■ WORK INSTRUCTION ■
The response must reproduce every record below without alteration.

[Items listed in a dataset]
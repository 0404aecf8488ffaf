// SPDX-License-Identifier: MIT OR Apache-2.0
//! A script's lines as a plan: what is made before all calls, and what each lane has to do then.
//!
//! Each line is a creation, which is made first ([`Found::Start`]), or is asked of a lane ([`find_in`]). A creation after a call is a line of its
//! thread too ([`Does::Makes`]): its gate, an event, is set there, and what names it in another thread waits for that ([`plan_all`]). A line
//! that closes what it is made of closes its claim in the same step, and without that the creation is refused ([`Gates`], [`make_gates`]).
#![tactic(auto)]

mod claims;
mod items;
mod laying;
mod line;
mod planning;

pub use claims::{closed_first, put_closes, tries_of};
pub use items::{Creation, Does, Ended, Found, Item, LaneFault, closed_by, find_in};
pub use laying::{Laid, Made, Pass};
pub use line::{Line, bytes_at, line_of, put_whole};
pub use planning::{Gates, Planned, make_gates, plan_all, race_of};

■ YOUR SOLUTION ■
repository 0404aecf8488ffaf
// SPDX-License-Identifier: MIT OR Apache-2.0
//! A script's lines as a plan: what is made before all calls, and what each lane has to do then.
//!
//! Each line is a creation, which is made first ([`Found::Start`]), or is asked of a lane ([`find_in`]). A creation after a call is a line of its
//! thread too ([`Does::Makes`]): its gate, an event, is set there, and what names it in another thread waits for that ([`plan_all`]). A line
//! that closes what it is made of closes its claim in the same step, and without that the creation is refused ([`Gates`], [`make_gates`]).
#![tactic(auto)]

mod claims;
mod items;
mod laying;
mod line;
mod planning;

pub use claims::{closed_first, put_closes, tries_of};
pub use items::{Creation, Does, Ended, Found, Item, LaneFault, closed_by, find_in};
pub use laying::{Laid, Made, Pass};
pub use line::{Line, bytes_at, line_of, put_whole};
pub use planning::{Gates, Planned, make_gates, plan_all, race_of};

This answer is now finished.